Canonical form of SPARQL Patterns · Issue #483 · RDFLib/rdflib (original) (raw)

I'm currently performing >> 1M SPARQL Queries as part of some machine learning algorithm. As this takes a while, i thought about caching results for SPARQL queries. The problem here is, that different SPARQL queries can contain Variables with different names, but are isomorphic otherwise. Example:

select * where { ?s foo:bar foo:bla }

is isomorphic to

select * where { ?s2 foo:bar foo:bla }

For quick checking in a cache it would be cool to have a canonical form of a SPARQL Pattern, very much like #441 (rdflib.compare.to_canonical_graph(g1)) for rdflib.Graph.

A SPARQL Query's pattern part can be represented as an rdflib.Graph which contains Variables. By replacing Variables with BNodes (using the variable name as bnode id) one gets pretty close to a graph that one could use the to_canonical_graph algorithm on, with one exception: BNodes can't be used as predicates (RDF Concepts).

As this is out of spec, i guess it's ok this fails:

In [1]: from rdflib import * INFO:rdflib:RDFLib Version: 4.2.1-dev

In [2]: from rdflib.compare import *

In [3]: g = Graph()

In [4]: g.add((BNode('v1'), BNode('v2'), URIRef('foo')))

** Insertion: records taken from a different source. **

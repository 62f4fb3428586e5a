// What the report on a sheet holds (document 01, "The rules": the numbers, verdicts and lift that its
// lines print, and the uses).
ghost use Rattle.std.specs.Prelude.{◌≡◌, Some};
ghost use Rattle.std.specs.Fmt.{styled_text};
ghost use Rattle.reports.specs.Words.{tank_word};
ghost use Rattle.reports.specs.Blank.{blank_line, blank_report};

use fields::Refusal;
use rules::verdict::Verdict;
use stability::earthquake::Uplift;
use std::fmt;

// One course: its hoop need without the allowance, the required plate and its plate, in mils. The use of
// its verdict is required over plate.
#[derive(Clone, Copy, Debug, PartialEq)]
pub struct CourseLine {
    pub need: u64,
    pub required: u64,
    pub plate: u32,
    pub verdict: Verdict,
}

// A self-anchored tank; `resistance` is T in foot-pounds.
#[derive(Clone, Copy, Debug, PartialEq)]
pub struct SelfChecks {
    pub wind: Verdict,
    pub resistance: u64,
    pub uplift: Uplift,
    pub quake: Verdict,
}

// An anchored tank; the net pulls per anchor are in pounds, up positive.
#[derive(Clone, Copy, Debug, PartialEq)]
pub struct AnchorChecks {
    pub wind_pull: i64,
    pub quake_pull: i64,
    pub spacing: Verdict,
    pub strength: Verdict,
}

// Whether the tank is self-anchored or anchored (document 01's way of standing), with nothing of the other.
#[derive(Clone, Copy, Debug, PartialEq)]
pub enum Standing {
    SelfAnchored(SelfChecks),
    Anchored(AnchorChecks),
}

// The two checks of its way of standing: wind and earthquake, or spacing and strength. `Uses` has the same form, for two floats
// (document 01), and one for both would be a type parameter more.
#[derive(Clone, Copy, Debug, PartialEq)]
pub struct Checks {
    pub first: Verdict,
    pub second: Verdict,
}

// The two uses of its way of standing: wind and earthquake, or spacing and strength.
#[derive(Clone, Copy, Debug, PartialEq)]
pub struct Uses {
    pub first: f64,
    pub second: f64,
}

// What the tank is called (document 01's word).
#[derive(Clone, Copy, Debug, PartialEq, Eq)]
pub enum Word {
    Sound,
    Short,
}

impl fmt::Display for Word {
    ghost output = { λ w. Some (tank_word w) };

    ghost styled_output = { λ w s. Some (styled_text s (tank_word w)) };

    fn fmt<W: fmt::Write>(&self, f: &mut fmt::Formatter<W>) -> fmt::Result {
        f.pad(match self {
            Word::Sound => "sound",
            Word::Short => "short",
        })
    }
}

// A line for each course from the bottom up, `count` of them; the lines past them are blank (there is no heap). Pressure in
// hundredths of a psf, moment in foot-pounds.
#[derive(Clone, Copy, Debug, PartialEq)]
pub struct Report {
    pub lines: [CourseLine; 12],
    pub count: usize,
    pub pressure: u64,
    pub moment: u64,
    pub standing: Standing,
    pub uses: Uses,
    pub word: Word,
}

// The answer to judging, and the report; beside a refusal the report is blank (document 01, "Where each form goes":
// a report that holds an array sits in a struct beside the answer).
#[derive(Clone, Copy, Debug, PartialEq)]
pub struct Judgement {
    pub answer: Result<(), Refusal>,
    pub report: Report,
}

impl CourseLine {
    pub fn blank() -> CourseLine
        ensures { result ≡ blank_line }
    {
        CourseLine {
            need: 0,
            required: 0,
            plate: 0,
            verdict: Verdict::Short(0.0),
        }
    }
}

impl Report {
    // The report beside a refusal. It says short of everything, so that it cannot pass for a sound one.
    pub fn blank() -> Report
        ensures { result ≡ blank_report }
    {
        let line = CourseLine::blank();
        let lines = [line; 12];
        let checks = SelfChecks {
            wind: Verdict::Short(0.0),
            resistance: 0,
            uplift: Uplift::Over,
            quake: Verdict::Short(0.0),
        };
        let standing = Standing::SelfAnchored(checks);
        let uses = Uses {
            first: 0.0,
            second: 0.0,
        };
        Report {
            lines,
            count: 0,
            pressure: 0,
            moment: 0,
            standing,
            uses,
            word: Word::Short,
        }
    }
}
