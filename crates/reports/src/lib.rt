// What a report is: its types, the word that a tank is called, and what is held where there is nothing to say. Which report a
// sheet gets, and what is claimed of it, is in `claims`.
#![tactic(auto)]

pub mod report;
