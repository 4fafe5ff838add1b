// The lines of a table, judged in turn and taken onto its shelf.
#![tactic(auto)]

ghost use Rattle.std.specs.Prelude.{◌<◌, ◌+◌, ◌^◌, length};
ghost use Rattle.book.specs.Room.{book_of};
ghost use Rattle.intake.specs.Shelving.{OnShelf};
ghost use Rattle.row_line.specs.Judging.{Guided};
ghost use Rattle.table_lines.specs.Taking.{ReadBy, RowTaken, LinesTaken};

use header::{BOUNDS, Places};
use refusals::{Check, Fault, Verdict};
use rows::Row;
use tables::{Columns, Table};
use values::Judged;

// How far the lines of a table are taken: the number of the next one, and how many rows stand on the shelf.
#[derive(Clone, Copy)]
pub struct Reached {
    pub line: u64,
    pub count: usize,
}

// Lines of a table taken onto its shelf: what they are refused for, and how far they reach where they are not.
#[derive(Clone, Copy)]
pub struct Filled {
    pub verdict: Verdict,
    pub line: u64,
    pub count: usize,
}

// 5, what the line was judged, and 11, 9, 10: a line on the book as the earlier ones left it; where it passes, its row enters the shelf.
pub fn take_row(
    read: Judged,
    t: Table,
    book: &[Row],
    slots: &mut [Row],
    order: &mut [u16],
    n: usize,
) -> Check
    requires { OnShelf t book.now slots.old order.old n × ReadBy (book_of book.now).edition t read }
    ensures { RowTaken t read book.now slots.old slots.new order.old order.new n result }
{
    if n == t.room() {
        return Err(Fault::too_many_rows());
    }
    read.check?;
    intake::enter(book, t, read.row, slots, order, n)
}

// Lines behind the header, from any one on, onto the shelf; the first refusal ends it.
pub fn take_lines(
    bytes: &[u8],
    from: Reached,
    t: Table,
    columns: &Columns,
    at: &Places,
    book: &[Row],
    slots: &mut [Row],
    order: &mut [u16],
) -> Filled
    requires { Guided (book_of book.now).edition t columns.now at.now × OnShelf t book.now slots.old order.old from.count × (from.line + length bytes.now + 1 < 2 ^ 64) }
    ensures { LinesTaken t at.now bytes.now from book.now slots.old slots.new order.old order.new result }
{
    let edition = book::edition_of(book);
    let table = t.number();
    let mut bounds = [0usize; BOUNDS];
    let mut verdict = Ok(());
    let mut count = from.count;
    let mut line = from.line;
    let mut i = 0;
    'rows: while i < bytes.len() {
        let l = lines::next_line(edition, bytes, i);
        let end = l.end;
        let next = l.next;
        let read = row_line::read_row(&bytes[i..end], edition, t, columns, at, &mut bounds);
        let check = take_row(read, t, book, slots, order, count);
        let v = refusals::placed(check, table, line);
        match v {
            Ok(()) => {}
            Err(p) => {
                verdict = Err(p);
                break 'rows;
            }
        }
        count += 1;
        line = lines::line_after(edition, line, &bytes[i..end]);
        i = next;
    }
    Filled {
        verdict,
        line,
        count,
    }
}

In [5]: to_canonical_graph(g)

KeyError Traceback (most recent call last) [...] /usr/local/lib/python2.7/site-packages/rdflib/compare.pyc in _canonicalize_bnodes(self, triple, labels) 456 for term in triple: 457 if isinstance(term, BNode): --> 458 yield BNode(value="cb%s" % labels[term]) 459 else: 460 yield term

KeyError: rdflib.term.BNode('v2')

Nevertheless, as this is quite close to a cool feature and graph canonicalization isn't exactly the easiest problem to think about: is it maybe possible to slightly adapt the RGDA1 algorithm to support BNodes in the predicate position as well and thereby also making it fit for SPARQL Patterns? Maybe @jimmccusker has an idea on this?